I don't know, I never talk to them about it or show it to them. They think only pussies draw comics and I'm not about to prove them right.


13, what is more important to you---style or idea?

The visual experience is just as important and the conceptual experience, they go hand in hand. I don't go in for comics that are just drawing exercises, or flashy storyboards. Sometimes I make something that comes out like that and it's really disappointing, feels like a waste of time. I guess I'm assuming you mean visual style? I mean, even if a cartoonist has a standard method for getting his ideas across, the idea is primary. Of course, his method still has to work.


14. is drawing a pleasure to you or a pain?

I like doing it, but it's not easy or anything. I don't really love it, if I had a robot that could do the drawings the way I want that would be great. But it feels pretty nice to draw something that looks good and works. It's better than digging ditches!


15. when you meet someone new, do you talk about being an artist right away? do you identify yourself as an artist or something else?

I never talk to anybody about comics or art. I identify myself as a "regular person" or "just a dude".


16. do you feel at all connected to older comic artists like Seve Ditko or Jack Kirby---or does this seem like a foreign world to you?

In a way, craft-wise, I feel connected to those old guys. I learned how to draw from old comics, and older comics that I read now probably still sink in a little, too. The output of earlier generations' cartoonists is pretty otherworldly. Kirby did like 5 books a month; There were newspaper strips guys without assistants who did daily strips for years and years--how?

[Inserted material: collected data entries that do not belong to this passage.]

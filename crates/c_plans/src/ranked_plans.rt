// The first plans of a caller's problem.
ghost use Rattle.std.specs.Prelude.{◌≡◌, ◌<◌, ◌≤◌, ◌*◌, length, take, drop};
ghost use Rattle.c_calls.specs.lists.Input.{HasLengths};
ghost use Rattle.c_plans.specs.Ranked.{IsRankedShown, JudgesRanked, each_length, ranked_buffers};
ghost use Rattle.c_plans.specs.RankedAnswers.{IsRankedAnswer};

use super::ranked::{Ranked, ranked_after};
use assign_core::Cost;
use c_calls::Fault;
use c_calls::lists::{Info, Input, judge, lists_of, refuse, report_verdict};
use cost_lists::{CostLists, Object, Price};
use std::alloc::Global;

/// `n`, if there are some plans, and a list of so many objects has `n` for each; else another number.
pub fn length_of_each(n: usize, length: usize, count: usize) -> usize
    ensures { result ≡ each_length n length count }
{
    if count != 0 && count.checked_mul(n) == Some(length) {
        n
    } else if n == 0 {
        1
    } else {
        0
    }
}

// Writes objects to the front of a buffer.
fn write_objects(buffer: &mut [Object], front: &[Object])
    requires { length front.now ≤ length buffer.old }
    ensures front { take (length front.now) buffer.new ≡ front.now }
    ensures rest { drop (length front.now) buffer.new ≡ drop (length front.now) buffer.old }
{
    let (first, _) = buffer.split_at_mut(front.len());
    first.copy_from_slice(front);
}

// Writes costs to the front of a buffer.
fn write_costs(buffer: &mut [Cost], front: &[Cost])
    requires { length front.now ≤ length buffer.old }
    ensures front { take (length front.now) buffer.new ≡ front.now }
    ensures rest { drop (length front.now) buffer.new ≡ drop (length front.now) buffer.old }
{
    let (first, _) = buffer.split_at_mut(front.len());
    first.copy_from_slice(front);
}

// Writes an answer, and returns its code.
fn put_ranked(
    lists: &CostLists<'_>,
    objects: &[Object],
    prices: &[Price],
    answer: &Ranked,
    plans: &mut [Object],
    totals: &mut [Cost],
    found: &mut usize,
    info: &mut Info,
) -> i32
    requires answer { IsRankedAnswer lists.now objects.now prices.now (length totals.old) answer.now }
    requires plans { length plans.old ≡ length totals.old * length lists.now.rows }
    ensures { IsRankedShown lists.now objects.now prices.now
        (ranked_buffers plans.old totals.old found.old info.old)
        (ranked_buffers plans.new totals.new found.new info.new) result }
{
    match answer {
        Ranked::Refused(verdict) => report_verdict(*verdict, info),
        Ranked::First(first, costs) => {
            write_objects(plans, first.as_slice());
            write_costs(totals, costs.as_slice());
            *found = costs.len();
            0
        }
        Ranked::All(all, costs) => {
            write_objects(plans, all.as_slice());
            write_costs(totals, costs.as_slice());
            *found = costs.len();
            25
        }
        Ranked::Open => 23,
    }
}

/// The first plans of a given problem in the order of their costs, so many as there are totals, after a best one
/// that these objects and prices are. Returns 0 where they are shown, and writes them, what they cost, and how
/// many they are; 25 where there are fewer, and these are all; 23 where neither was shown with so many arc
/// scans; the code of the plan's verdict where the prices don't prove it; or that of the first fault.
pub fn ranked_on(
    alloc: Global,
    input: &Input<'_>,
    objects: &[Object],
    prices: &[Price],
    arc_scans: u64,
    plans: &mut [Object],
    totals: &mut [Cost],
    found: &mut usize,
    info: &mut Info,
) -> i32
    requires plans { HasLengths input.now → length plans.old ≡ length totals.old * input.now.n }
    ensures { JudgesRanked input.now objects.now prices.now
        (ranked_buffers plans.old totals.old found.old info.old)
        (ranked_buffers plans.new totals.new found.new info.new) result }
{
    let shape = match judge(input) {
        Ok(shape) => shape,
        Err(fault) => return refuse(fault, info),
    };
    let lists = lists_of(shape, input);
    let count = totals.len();
    match ranked_after(alloc, &lists, objects, prices, count, arc_scans) {
        Ok(answer) => put_ranked(&lists, objects, prices, &answer, plans, totals, found, info),
        Err(_) => refuse(Fault::Memory, info),
    }
}
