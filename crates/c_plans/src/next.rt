// Proved answers to which plan is the next best.
ghost use Rattle.std.specs.Prelude.{◌≡◌, ◌≢◌, List, ℕ, ℤ, true, IfOk, IfSome, IsTrue};
ghost use Rattle.assign_core.specs.Assignment.{AreListed, IsAssignment};
ghost use Rattle.cost_lists.specs.Exact.{IsOptimum};
ghost use Rattle.cost_lists.specs.ListedCosts.{ListedCosts};
ghost use Rattle.exact_checker.specs.Verdicts.{IsVerdict};
ghost use Rattle.plan_checker.specs.Next.{IsOnlyAssignment};
ghost use Rattle.c_plans.specs.NextAnswers.{CostsMore, IsNext, IsNextAnswer};

use super::answer::differ;
use assign_core::Cost;
use cost_lists::{CostLists, Object, Price};
use exact_checker::{Verdict, check};
use plan_checker::{NO_BOUND, are_ranked, ranks_mean_alone, ranks_mean_next};
use plan_search::{Found, Shown, find_other};
use ranking_checker::more_by;
use std::alloc::{AllocError, Global};

/// What another plan costs.
#[derive(Clone, Copy)]
pub struct NextCost {
    /// The sum of its costs.
    pub total: Cost,
    /// How much more that is than the best plan's; under `Sense::Max`, how much less.
    pub margin: Cost,
}

/// Which plan is the next best.
#[derive(Drop)]
pub enum Next {
    /// The prices don't prove the plan.
    Refused(Verdict),
    /// There is no other plan.
    Alone,
    /// These objects, at this cost.
    Another(Vec<Object>, NextCost),
    /// None was shown.
    Open,
}

// Whether lists of a verdict are an assignment, though it need not be best.
fn is_assigned(verdict: Verdict) -> bool
    ensures { (l : ListedCosts) (xs : List ℕ) (prices : List ℤ)
        → IsVerdict l xs prices verdict → IsTrue result → IsAssignment l.rows xs }
{
    match verdict {
        Verdict::Slack(_, _) => true,
        Verdict::Overpriced(_) => true,
        Verdict::Yes => true,
        _ => false,
    }
}

// Whether these objects are another assignment.
fn is_another(
    alloc: Global,
    lists: &CostLists<'_>,
    objects: &[Object],
    prices: &[Price],
    other: &[Object],
) -> Result<bool, AllocError>
    ensures assigned { IfOk result (λ is. IsTrue is → IsAssignment lists.now.rows other.now) }
    ensures other { IfOk result (λ is. IsTrue is → other.now ≢ objects.now) }
{
    if !differ(other, objects) {
        return Ok(false);
    }
    let verdict = check(alloc, lists, other, prices)?;
    Ok(is_assigned(verdict))
}

// What a second assignment costs, and how much more than the first one, if that fits.
fn cost_of(
    alloc: Global,
    lists: &CostLists<'_>,
    objects: &[Object],
    other: &[Object],
) -> Result<Option<NextCost>, AllocError>
    requires objects { AreListed lists.now.rows objects.now }
    requires other { AreListed lists.now.rows other.now }
    ensures { IfOk result (λ found. IfSome found (CostsMore lists.now objects.now other.now)) }
{
    let first = lists.total(alloc, objects)?;
    let total = lists.total(alloc, other)?;
    match more_by(lists.sense(), first, total) {
        Some(margin) => Ok(Some(NextCost { total, margin })),
        None => Ok(None),
    }
}

// What another plan costs, if ranks and further lists of prices show that it is a next best one.
fn next_cost(
    alloc: Global,
    lists: &CostLists<'_>,
    objects: &[Object],
    prices: &[Price],
    shown: &Shown,
    other: &[Object],
) -> Result<Option<NextCost>, AllocError>
    requires { IsOptimum lists.now objects.now prices.now }
    ensures { IfOk result (λ found. IfSome found (IsNext lists.now objects.now other.now)) }
{
    // These calls show the prover what ranks mean.
    let _persons = lists.persons();
    ranks_mean_next();
    if !is_another(alloc, lists, objects, prices, other)? {
        return Ok(None);
    }
    let Some(cost) = cost_of(alloc, lists, objects, other)? else {
        return Ok(None);
    };
    let (ranks, others) = (shown.ranks.as_slice(), shown.others.as_slice());
    let (count, margin) = (shown.count, cost.margin);
    if !are_ranked(
        alloc, lists, objects, prices, ranks, count, others, true, margin,
    )? {
        return Ok(None);
    }
    Ok(Some(cost))
}

// Whether ranks and further lists of prices show that there is no other plan.
fn is_alone(
    alloc: Global,
    lists: &CostLists<'_>,
    objects: &[Object],
    prices: &[Price],
    shown: &Shown,
) -> Result<bool, AllocError>
    requires { IsOptimum lists.now objects.now prices.now }
    ensures { IfOk result (λ is. IsTrue is → IsOnlyAssignment lists.now.rows objects.now) }
{
    // These calls show the prover what ranks mean.
    let _persons = lists.persons();
    ranks_mean_alone();
    let (ranks, others) = (shown.ranks.as_slice(), shown.others.as_slice());
    let count = shown.count;
    are_ranked(
        alloc, lists, objects, prices, ranks, count, others, true, NO_BOUND,
    )
}

// Searches for the next best plan, and checks what was found.
fn next_of(
    alloc: Global,
    lists: &CostLists<'_>,
    objects: &[Object],
    prices: &[Price],
    arc_scans: u64,
) -> Result<Next, AllocError>
    requires { IsOptimum lists.now objects.now prices.now }
    ensures { IfOk result (IsNextAnswer lists.now objects.now prices.now) }
{
    let Found { other, shown } = find_other(alloc, lists, objects, prices, NO_BOUND, arc_scans)?;
    let Some(shown) = shown else {
        return Ok(Next::Open);
    };
    if let Some(other) = other {
        let found = next_cost(alloc, lists, objects, prices, &shown, other.as_slice())?;
        return match found {
            Some(cost) => Ok(Next::Another(other, cost)),
            None => Ok(Next::Open),
        };
    }
    if is_alone(alloc, lists, objects, prices, &shown)? {
        return Ok(Next::Alone);
    }
    Ok(Next::Open)
}

/// The next best plan after the one that these objects and prices are.
pub fn next_after(
    alloc: Global,
    lists: &CostLists<'_>,
    objects: &[Object],
    prices: &[Price],
    arc_scans: u64,
) -> Result<Next, AllocError>
    ensures { IfOk result (IsNextAnswer lists.now objects.now prices.now) }
{
    let verdict = check(alloc, lists, objects, prices)?;
    if verdict != Verdict::Yes {
        return Ok(Next::Refused(verdict));
    }
    next_of(alloc, lists, objects, prices, arc_scans)
}
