// Proved answers to which objects of a plan can change places.
ghost use Rattle.std.specs.Prelude.{◌≡◌, IfOk, length};
ghost use Rattle.cost_lists.specs.Exact.{IsOptimum};
ghost use Rattle.c_plans.specs.GroupAnswers.{IsGroupAnswer};

use cost_lists::{CostLists, Object, Price};
use exact_checker::{Verdict, check};
use group_checker::{Group, Grouping, Tree, are_groups};
use group_search::{FoundGroups, find_groups};
use std::alloc::{AllocError, Global};

/// The groups of a plan's objects.
#[derive(Drop)]
pub enum Groups {
    /// The prices don't prove the plan.
    Refused(Verdict),
    /// The number of each object's group.
    Joined(Vec<Group>),
    /// They weren't shown.
    Open,
}

// Searches for the groups of an optimum, and checks what was found.
fn groups_of(
    alloc: Global,
    lists: &CostLists<'_>,
    objects: &[Object],
    prices: &[Price],
) -> Result<Groups, AllocError>
    requires { IsOptimum lists.now objects.now prices.now }
    ensures { IfOk result (IsGroupAnswer lists.now objects.now prices.now) }
{
    let found = find_groups(alloc, lists, objects, prices)?;
    let FoundGroups {
        groups,
        out,
        roots,
        towards,
        from,
    } = found;
    let given = Grouping {
        groups: groups.as_slice(),
        out,
        roots: roots.as_slice(),
        towards: Tree {
            neighbours: towards.neighbours.as_slice(),
            places: towards.places.as_slice(),
            depths: towards.depths.as_slice(),
        },
        from: Tree {
            neighbours: from.neighbours.as_slice(),
            places: from.places.as_slice(),
            depths: from.depths.as_slice(),
        },
    };
    if are_groups(alloc, lists, objects, prices, given)? {
        return Ok(Groups::Joined(groups));
    }
    Ok(Groups::Open)
}

/// Which objects of the plan that these objects and prices are can change places.
pub fn decide_groups(
    alloc: Global,
    lists: &CostLists<'_>,
    objects: &[Object],
    prices: &[Price],
) -> Result<Groups, AllocError>
    ensures { IfOk result (IsGroupAnswer lists.now objects.now prices.now) }
{
    let verdict = check(alloc, lists, objects, prices)?;
    if verdict != Verdict::Yes {
        return Ok(Groups::Refused(verdict));
    }
    groups_of(alloc, lists, objects, prices)
}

I'm pretty sure I'll never be at the same level as those guys, and I don't imagine myself doing similar material, but I still maybe aspire a little bit to do a comic as well as Kamandi

However, since just about my only inspiration for drawing has come from early comic strips and 60's-80's superhero comics I'll have some trouble doing it another way; meanwhile there are newer cartoonists who haven't read any of that stuff, they're going to figure out some wild ways to make comics as time goes on. Sometimes I wish I knew more people like that to leech ideas from.


17. do you ever feel the impulse to not draw comics?

Yeah sometimes I'll get lazy, or if a drawing isn't going my way I'll feel like quitting, but really all I'd need is a week off or so, and to eat more vegetables. But when I'm really cooking at it, comics is all I think about.


18. do you draw from life?

Like as in drawing from life like you used to do with a model in school? No, but sometimes I think I ought to. Other times I think it might be better to just keep using my imagination to draw big headed midget people.

If you mean, "do your comics draw from your own life?", the answer is still no, because my life is boring and dumb and my comics are merely boring. Well, I guess they're dumb, too.


19. do you pencil out comics and then ink? or do you sometimes not pencil?

I've done some mini-comics where it's all drawn immediately with a pen, but that's all just stick fiqure type stuff. Almost always I pencil first.


20. what does your drawing space look like?

Lately I've just been sitting on the floor, but I also have a table set up back there.